Clemenceau face au général Foch

Samuël Tomei

Docteur en histoire, rédacteur des débats à l’Assemblée nationale

 

Associés dans la victoire, Clemenceau et Foch n’ont pas toujours été unis dans la guerre et resteront divisés dans la paix.

Le 12 novembre 1918, Le Petit Parisien publie en une, vis-à-vis, les portraits du « libérateur Clemenceau » et du « vainqueur Foch ». Associés dans la victoire, ils n’ont pas toujours été unis dans la guerre et resteront divisés dans la paix.

Polytechnicien, artilleur, cavalier, Foch est nommé en 1895 professeur d’histoire militaire, de stratégie et de tactique générale à l’École supérieure de guerre jusqu’en 1901. En 1908, pendant le premier ministère Clemenceau, le poste de directeur de cette même école est vacant. Indifférent à son éducation jésuite, à son passé mollement antidreyfusard, le président du Conseil le nomme tout de même, chaudement recommandé qu’il est par le général Picquart, héros de l’affaire Dreyfus, ministre de la guerre, lui-même encouragé par le commandant Mordacq.

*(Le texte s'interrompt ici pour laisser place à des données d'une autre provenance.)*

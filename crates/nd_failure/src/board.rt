//! The statuses of a graph's nodes, kept as they change.
ghost use Rattle.std.specs.Prelude.{◌≡◌, ◌<◌, [], true, false, slice_set, length, replicate, vec_capacity, MatchBool, IfOk};
ghost use Rattle.nd_failure.specs.Kept.{AreZero};
ghost use Rattle.nd_failure.specs.Progress.{IsReady, IsStopped, HasFailure, untouched};
ghost use Rattle.nd_graph.specs.Graphs.{rows_of};
ghost use Rattle.nd_failure.specs.Statuses.{HasStatus, CanFail, AreCounts, IsNextReady, total_of};

use crate::edges::Edges;
use crate::spread::spread;
use crate::status::{Counts, Mark, Status};
use crate::unbuilt::{UnbuiltInputs, wake};
use nd_flags::NodeSet;
use nd_graph::Graph;
use std::alloc::{AllocError, Global};
use std::marker::Model;

/// The marks of `len` nodes, all of them free, and an empty work list with room for each node and one more.
fn fresh_lists(alloc: Global, len: usize) -> Result<(Vec<Mark>, Vec<usize>), AllocError>
    ensures marks { IfOk result (λ lists. lists.0.items ≡ replicate len Mark.Free) }
    ensures idle { IfOk result (λ lists. lists.1.items ≡ []) }
    ensures room { IfOk result (λ lists. len < vec_capacity lists.1) }
{
    let marks = vec![in alloc; Mark::Free; len]?;
    let work = Vec::with_capacity(alloc, len + 1)?;
    Ok((marks, work))
}

/// No node of `len`, and the nodes whose inputs are all built.
fn fresh_sets(
    alloc: Global,
    len: usize,
    unbuilt: &UnbuiltInputs,
) -> Result<(NodeSet, NodeSet), AllocError>
    ensures doomed { IfOk result (λ sets. sets.0 ≡ replicate len false) }
    ensures ready { IfOk result (λ sets. AreZero unbuilt.now sets.1) }
{
    let doomed = NodeSet::new(alloc, len)?;
    let ready = unbuilt.nodes_with_none(alloc)?;
    Ok((doomed, ready))
}

/// Equal marks, and an empty work list with this much room.
fn copied_lists(
    alloc: Global,
    marks: &[Mark],
    room: usize,
) -> Result<(Vec<Mark>, Vec<usize>), AllocError>
    ensures marks { IfOk result (λ lists. lists.0.items ≡ marks.now) }
    ensures idle { IfOk result (λ lists. lists.1.items ≡ []) }
    ensures room { IfOk result (λ lists. vec_capacity lists.1 ≡ room) }
{
    let copy = Vec::from_slice(alloc, marks)?;
    let work = Vec::with_capacity(alloc, room)?;
    Ok((copy, work))
}

/// Two equal sets.
fn copied_sets(
    alloc: Global,
    doomed: &NodeSet,
    ready: &NodeSet,
) -> Result<(NodeSet, NodeSet), AllocError>
    ensures doomed { IfOk result (λ sets. sets.0 ≡ doomed.now) }
    ensures ready { IfOk result (λ sets. sets.1 ≡ ready.now) }
{
    let first = doomed.try_clone(alloc)?;
    let second = ready.try_clone(alloc)?;
    Ok((first, second))
}

/// The statuses of a graph's nodes.
///
/// It keeps the number of unbuilt inputs of each node, the nodes that have a failed one below, the five counts, and the
/// free nodes whose inputs are all built, so that no call searches the nodes. Only `new` and `try_clone` take memory.
#[derive(Drop, Debug)]
pub struct Board {
    edges: Edges,
    keep_going: bool,
    stop: bool,
    marks: Vec<Mark>,
    unbuilt: UnbuiltInputs,
    doomed: NodeSet,
    ready: NodeSet,
    /// The counts as they are where nothing has stopped the board.
    counts: Counts,
    /// The nodes whose dependants are to be visited while a failure spreads: empty between calls, with room for all.
    work: Vec<usize>,
}

impl Model for Board {
    ghost use Rattle.nd_failure.specs.Progress.{Progress};

    ghost Value = { Progress };

    ghost use Rattle.nd_failure.specs.BoardParts.{IsKept};

    ghost view = { λ b. record { inputs = b.edges; keep_going = b.keep_going; marks = b.marks.items; stop = b.stop } };

    ghost invariant = { IsKept };
}

impl Board {
    /// The board of a graph on which nothing has happened yet; with `keep_going`, a failure cancels only what depends on it.
    pub fn new(alloc: Global, graph: &Graph, keep_going: bool) -> Result<Board, AllocError>
        ensures { IfOk result (λ board. board ≡ untouched (rows_of graph.now) keep_going) }
    {
        Board::over(alloc, Edges::new(alloc, graph)?, keep_going)
    }

    /// The board over these edges on which nothing has happened yet.
    fn over(alloc: Global, edges: Edges, keep_going: bool) -> Result<Board, AllocError>
        ensures { IfOk result (λ board. board ≡ untouched edges keep_going) }
    {
        let len = edges.len();
        let unbuilt = UnbuiltInputs::new(alloc, &edges)?;
        let (marks, work) = fresh_lists(alloc, len)?;
        let (doomed, ready) = fresh_sets(alloc, len, &unbuilt)?;
        Ok(Board {
            edges,
            keep_going,
            stop: false,
            marks,
            unbuilt,
            doomed,
            ready,
            counts: Counts::all_waiting(len),
            work,
        })
    }

    /// An equal board.
    pub fn try_clone(&self, alloc: Global) -> Result<Board, AllocError>
        ensures { IfOk result (λ copy. copy ≡ self.now) }
    {
        let (marks, work) = copied_lists(alloc, self.marks.as_slice(), self.work.capacity())?;
        let unbuilt = self.unbuilt.try_clone()?;
        let (doomed, ready) = copied_sets(alloc, &self.doomed, &self.ready)?;
        let edges = self.edges.try_clone()?;
        Ok(Board {
            edges,
            keep_going: self.keep_going,
            stop: self.stop,
            marks,
            unbuilt,
            doomed,
            ready,
            counts: self.counts,
            work,
        })
    }

    /// The edges of the board's graph.
    pub fn edges(&self) -> &Edges
        ensures { result.now ≡ self.now.inputs }
    {
        &self.edges
    }

    /// Node `i`, which is ready, is leased.
    #[tactic(auto, using(crate::proofs::BoardFacts::counted_ready, crate::proofs::BoardFacts::counts_fit))]
    pub fn leased(&mut self, i: usize)
        requires { IsReady self.old i }
        ensures { self.new ≡ record self.old { marks = slice_set self.old.marks i Mark.Leased } }
    {
        self.marks[i] = Mark::Leased;
        self.ready.remove(i);
        self.counts.change(Status::Waiting, Status::Leased);
    }

    /// The lease of node `i` is given back: it was not begun.
    #[tactic(auto, using(crate::proofs::BoardFacts::counted_leased, crate::proofs::BoardFacts::counts_fit))]
    pub fn back(&mut self, i: usize)
        requires { HasStatus self.old i Status.Leased }
        ensures { self.new ≡ record self.old { marks = slice_set self.old.marks i Mark.Free } }
    {
        self.marks[i] = Mark::Free;
        self.ready.insert(i);
        self.counts.change(Status::Leased, Status::Waiting);
    }

    /// Node `i`, which is leased, is built.
    #[tactic(auto, using(crate::proofs::BoardFacts::counted_leased, crate::proofs::BoardFacts::counts_fit))]
    pub fn built(&mut self, i: usize)
        requires { HasStatus self.old i Status.Leased }
        ensures { self.new ≡ record self.old { marks = slice_set self.old.marks i Mark.Built } }
    {
        self.marks[i] = Mark::Built;
        self.counts.change(Status::Leased, Status::Built);
        let dependants = self.edges.dependants(i);
        self.unbuilt.lower_all(dependants);
        wake(&mut self.ready, &self.unbuilt, dependants);
    }

    /// Node `i` fails, which is leased, or is ready and has no builder.
    pub fn failed(&mut self, i: usize)
        requires { CanFail self.old i }
        ensures { self.new ≡ record self.old { marks = slice_set self.old.marks i Mark.Failed } }
    {
        let was = self.status(i);
        self.marks[i] = Mark::Failed;
        self.ready.remove(i);
        self.counts.change(was, Status::Failed);
        let cancelled = spread(&self.edges, &mut self.doomed, &mut self.work, i);
        self.counts.waiting -= cancelled;
        self.counts.cancelled += cancelled;
    }

    /// No further lease is made.
    pub fn stop(&mut self)
        ensures { self.new ≡ record self.old { stop = true } }
    {
        self.stop = true;
    }

    /// Whether a stop was asked for.
    pub fn has_stop(&self) -> bool
        ensures { result ≡ self.now.stop }
    {
        self.stop
    }

    /// Whether some node has failed.
    fn has_failure(&self) -> bool
        ensures { MatchBool result (HasFailure self.now.marks) (HasFailure self.now.marks → ⊥) }
    {
        self.counts.failed > 0
    }

    /// Whether no further lease is made: a stop was asked for, or a node has failed and the others don't go on.
    fn is_stopped(&self) -> bool
        ensures { MatchBool result (IsStopped self.now) (IsStopped self.now → ⊥) }
    {
        self.stop || (!self.keep_going && self.has_failure())
    }

    /// The status of node `i`.
    pub fn status(&self, i: usize) -> Status
        requires { i < length self.now.inputs }
        ensures { HasStatus self.now i result }
    {
        match self.marks[i] {
            Mark::Leased => Status::Leased,
            Mark::Built => Status::Built,
            Mark::Failed => Status::Failed,
            Mark::Free if self.is_stopped() || self.doomed.contains(i) => Status::Cancelled,
            Mark::Free => Status::Waiting,
        }
    }

    /// How many nodes have each status.
    pub fn counts(&self) -> Counts
        ensures nodes { AreCounts self.now result }
        ensures sum { total_of result ≡ length self.now.inputs }
    {
        if !self.is_stopped() {
            return self.counts;
        }
        Counts {
            waiting: 0,
            cancelled: self.counts.waiting + self.counts.cancelled,
            ..self.counts
        }
    }

    /// Whether node `i` is ready.
    pub fn is_ready(&self, i: usize) -> bool
        requires { i < length self.now.inputs }
        ensures { MatchBool result (IsReady self.now i) (IsReady self.now i → ⊥) }
    {
        if self.is_stopped() {
            return false;
        }
        self.ready.contains(i)
    }

    /// The least ready node that is not before `from`, which may be any number.
    pub fn first_ready(&self, from: usize) -> Option<usize>
        ensures { IsNextReady self.now from result }
    {
        if self.is_stopped() {
            return None;
        }
        self.ready.first_from(from)
    }
}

Au début de la guerre, Foch combat dans les Flandres et prend la tête des armées du Nord. Il rencontre le sénateur Clemenceau pour lui faire part de sa volonté d’être promu, mais le Tigre reste sur la réserve qui se mue en perplexité lorsque, deux ans plus tard, Foch lui fait envoyer son propre buste… Cette même année 1916, après l’échec de la bataille de la Somme, le général est écarté par Joffre. Il retourne voir Clemenceau qui, conscient de sa valeur militaire, lui suggère la patience. Le Tigre n’est pas indifférent à son énergie communicative, à son optimisme à toute épreuve. Aussi, une fois au pouvoir, est-ce à Foch qu’il songe pour devenir commandant des armées alliées, jugeant Pétain trop pessimiste, trop raisonnable. Clemenceau doit ruser pour obtenir des Britanniques, à Doullens, le 26 mars 1918, que le général français coordonne les armées alliées sur le front occidental.

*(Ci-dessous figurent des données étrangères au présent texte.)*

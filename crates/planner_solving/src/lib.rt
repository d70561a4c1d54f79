// Groups of ranks solved over tables: a trial, or each half.
#![tactic(auto)]

ghost use Rattle.std.specs.Prelude.{ℕ, ◌≡◌};
ghost use Rattle.sheet.specs.Valid.{Valid};
ghost use Rattle.plan_lists.specs.inner.Sets.{who_visits};
ghost use Rattle.sheet_table.specs.inner.Parts.{steps, zone};
ghost use Rattle.sheet_filling.specs.inner.Filled.{sheet_in};
ghost use Rattle.removal.specs.Removal.{by_removal};
ghost use Rattle.planner_orders.specs.inner.Stands.{StandsBy};
ghost use Rattle.planner_trials.specs.inner.Trying.{Triable};
ghost use Rattle.planner_solving.specs.inner.Solving.{Solves};

use planner_groups::start_orders;
use planner_orders::Present;
use planner_ranks::ranks;
use planner_trials::{Known, try_group};
use planner_visiting::visit_places;
use sheet_table::Table;

// The group of the ranks from `low` on, below `high`, is solved: where its trial fails, each half is, lower ranks first.
// A group of one rank has no pair, so its trial does not fail: of 16 carts at most four levels have pairs.
fn solve(known: &Known, present: &mut Present, low: usize, high: usize)
    requires { Triable known.now.sheet.now known.now.ranks known.now.pairs known.now.visit low high present.old.ahead
        present.old.behind present.old.undecided }
    ensures { Solves known.now.sheet.now known.now.ranks known.now.pairs known.now.visit low high
        present.old.ahead present.old.behind present.old.undecided present.new.ahead present.new.behind
        present.new.undecided }
{
    if try_group(known, present, low, high) {
        return;
    }
    let mid = low + (high - low) / 2;
    solve(known, present, low, mid);
    solve(known, present, mid, high);
}

// A valid sheet's orders when the group of all ranks is solved: for each step the carts ahead. The sheet has m carts; `visitors` are the zones'.
pub fn solve_sheet(sheet: &Table, visitors: &[u16; 24], m: usize) -> [u16; 128]
    requires { ((n : ℕ) × Valid (sheet_in n m sheet.now)) × (visitors.now ≡ who_visits (steps sheet.now) (zone sheet.now)) }
    ensures { (n : ℕ) → Valid (sheet_in n m sheet.now) → StandsBy by_removal sheet.now n m result }
{
    let mut started = start_orders(sheet, visitors);
    let known = Known {
        sheet,
        ranks: ranks(sheet, m),
        pairs: started.1,
        visit: visit_places(sheet),
    };
    solve(&known, &mut started.0, 0, m);
    started.0.ahead
}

Le président du Conseil et ministre de la guerre lui rend fréquemment visite en son QG de Bombon afin de faire le point avec lui. Après la catastrophe du Chemin des Dames, fin mai 1918, les députés demandent la tête de Foch et de Pétain et, lors de la séance du 4 juin, Clemenceau les couvre et les sauve tous deux « par la peau du cou », écrira-t-il. Reste que la manière qu’a Foch de commander déconcerte Clemenceau puisque, au lieu d’ordonner, le général « suggère ». Le président du Conseil doit lui-même intervenir auprès du général américain Pershing, un jour que Foch n’a pas transmis, comme il le devait, certaines instructions. Pire, il refusera, en avril 1919, d’envoyer le télégramme réglant la venue des délégués allemands dans la perspective des négociations. Le président américain Wilson est stupéfait de cet acte d’insubordination et de ce que Clemenceau le maintienne à son poste : c’est que, tant que la paix n’est pas signée, il lui paraît irremplaçable.

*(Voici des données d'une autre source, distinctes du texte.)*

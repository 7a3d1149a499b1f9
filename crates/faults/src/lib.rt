// What `why` says of a line: `ok`, `early N` or `bad N`, and where it is to be shown, the text again with a `^` under the first bad byte or under
// the end. Programs stand on `why_line`.
#![tactic(auto)]

ghost use Rattle.std.specs.Prelude.{◌≡◌, replicate};
ghost use Rattle.text.specs.Text.{Puts};
ghost use Rattle.reply.specs.Line.{Gives};
ghost use Rattle.faults.specs.Faults.{reason_text, printed_of, printed, drawn, drawing, Explains, WhyLine};

use breaks::Reason;
use kinds::answer::Kind;
use text::{put, put_byte, put_decimal};
use words::rows::put_name;
use words::word::Name;

// ok, early N or bad N
fn put_reason(reason: Reason, all: usize, out: &mut [u8], at: usize) -> usize
    ensures { Puts (reason_text all reason) out.old at out.new result }
{
    match reason {
        Reason::Ok => put(out, at, b"ok"),
        Reason::Early => {
            let next = put(out, at, b"early ");
            put_decimal(out, next, all as u64)
        }
        Reason::Bad { at: place } => {
            let next = put(out, at, b"bad ");
            put_decimal(out, next, place as u64)
        }
    }
}

// A byte as it is shown: one that does not print is a point.
fn shown_as(byte: u8) -> u8
    ensures { result ≡ printed_of byte }
{
    match byte {
        32..=126 => byte,
        _ => b'.',
    }
}

#[tactic(auto, using(text::proofs::Laws::puts_nothing))]
fn put_printed(s: &[u8], out: &mut [u8], at: usize) -> usize
    ensures { Puts (printed s.now) out.old at out.new result }
{
    let mut next = at;
    for &byte in s {
        next = put_byte(out, next, shown_as(byte));
    }
    next
}

#[tactic(auto, using(text::proofs::Laws::puts_nothing))]
fn put_spaces(n: usize, out: &mut [u8], at: usize) -> usize
    ensures { Puts (replicate n 32) out.old at out.new result }
{
    let mut next = at;
    for _ in 0..n {
        next = put_byte(out, next, b' ');
    }
    next
}

// The text, and a `^` under the byte at a place.
fn draw(s: &[u8], place: usize, out: &mut [u8], at: usize) -> usize
    ensures { Puts (drawn s.now place) out.old at out.new result }
{
    let next = put_printed(s, out, at);
    let next = put_byte(out, next, b'\n');
    let next = put_spaces(place, out, next);
    put(out, next, b"^\n")
}

// The drawing of a text that is refused, where it is to be shown.
#[tactic(auto, using(text::proofs::Laws::puts_nothing))]
fn put_drawing(reason: Reason, s: &[u8], shown: bool, out: &mut [u8], at: usize) -> usize
    ensures { Puts (drawing shown s.now reason) out.old at out.new result }
{
    match reason {
        Reason::Early if shown => draw(s, s.len(), out, at),
        Reason::Bad { at: place } if shown => draw(s, place, out, at),
        _ => at,
    }
}

fn explain(kind: Kind, s: &[u8], shown: bool, out: &mut [u8], at: usize) -> usize
    ensures { Gives (Explains shown kind s.now) out.old at out.new result }
{
    let reason = breaks::why(kind, s);
    let next = put_reason(reason, s.len(), out, at);
    let next = put_byte(out, next, b'\n');
    put_drawing(reason, s, shown, out, next)
}

// What is said of a line, with the byte 10 of each line of it.
#[tactic(auto, using(reply::proofs::Asked::plain_long))]
pub fn why_line(line: &[u8], shown: bool, out: &mut [u8], at: usize) -> usize
    ensures { Gives (WhyLine shown line.now) out.old at out.new result }
{
    match reply::plain_question(line) {
        Some(kind) => explain(kind, &line[2..], shown, out, at),
        None => {
            let next = put_name(out, at, Name::Unknown);
            put_byte(out, next, b'\n')
        }
    }
}
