// The readers of intervals into slots, as slot_readers has those of the other kinds, and the same for C. A library of its own: what an interval
// is made of may begin at any byte, and the compiler makes shorter code of a reader that is asked at the first byte alone (docs/DECISIONS.md).
// The layout of the slots stands in slots' specs/Slots.antt, and for C in exports' tirozhbar.h.
#![tactic(auto)]

ghost use Rattle.interval.specs.Once.{interval};
ghost use Rattle.slots.specs.Slots.{interval_slots};
ghost use Rattle.slot_readers.specs.Promises.{BeginsIn, EndsIn, BeginsUnder, EndsUnder};

use slot_readers::NO_VERDICT;
use slots::{NO_SUCH_CHOICE, TOO_FEW};
use span_slots::ROOM;
use types::Choices;

// Reads the interval that the bytes begin with.
pub fn interval(s: &[u8], slots: &mut [i64], choices: Choices) -> u32
    ensures { BeginsIn 33 14 (interval choices) interval_slots s.now slots.old slots.new result }
{
    if slots.len() < ROOM {
        return TOO_FEW;
    }
    let read = intervals::interval(s, choices);
    span_slots::put_answer(slots, slots::verdict_slot(read.verdict), read.answer)
}

// Reads bytes that are one interval from the first to the last.
#[tactic(auto, using(slot_readers::proofs::Laws::ends, interval::proofs::Laws::interval_bounded))]
pub fn parse_interval(s: &[u8], slots: &mut [i64], choices: Choices) -> u32
    ensures { EndsIn 33 (interval choices) interval_slots s.now slots.old slots.new result }
{
    if slots.len() < ROOM {
        return TOO_FEW;
    }
    span_slots::put_answer(slots, NO_VERDICT, intervals::parse_interval(s, choices))
}

// Reads the interval that the bytes begin with, for C: a number names the choices.
#[unsafe(no_mangle)]
pub extern "C" fn tirozhbar_interval(s: &[u8], slots: &mut [i64], choices: u32) -> u32
    ensures { BeginsUnder 33 14 interval interval_slots choices s.now slots.old slots.new result }
{
    match slots::choices_of(choices) {
        Some(named) => interval(s, slots, named),
        None => NO_SUCH_CHOICE,
    }
}

// Reads bytes that are one interval from the first to the last, for C.
#[unsafe(no_mangle)]
pub extern "C" fn tirozhbar_parse_interval(s: &[u8], slots: &mut [i64], choices: u32) -> u32
    ensures { EndsUnder 33 interval interval_slots choices s.now slots.old slots.new result }
{
    match slots::choices_of(choices) {
        Some(named) => parse_interval(s, slots, named),
        None => NO_SUCH_CHOICE,
    }
}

Les années suivantes, Foch reprochera amèrement à Clemenceau d’avoir trop cédé aux Alliés, sacrifiant le glacis rhénan au profit d’illusoires garanties de sécurité américaines et britanniques. En février 1929, Clemenceau va tout de même s’incliner devant la dépouille de celui dont il ne veut pas oublier le rôle dans la Victoire. Mais la publication posthume d’entretiens où le maréchal étrille le « Père la Victoire » pousse ce dernier à sortir de son silence et à écrire ce qui sera son testament politique, Grandeurs et misères d’une victoire, où il répond point par point à Foch et, au-delà, dresse le vibrant réquisitoire de la politique d’abandons menée par ses successeurs au pouvoir.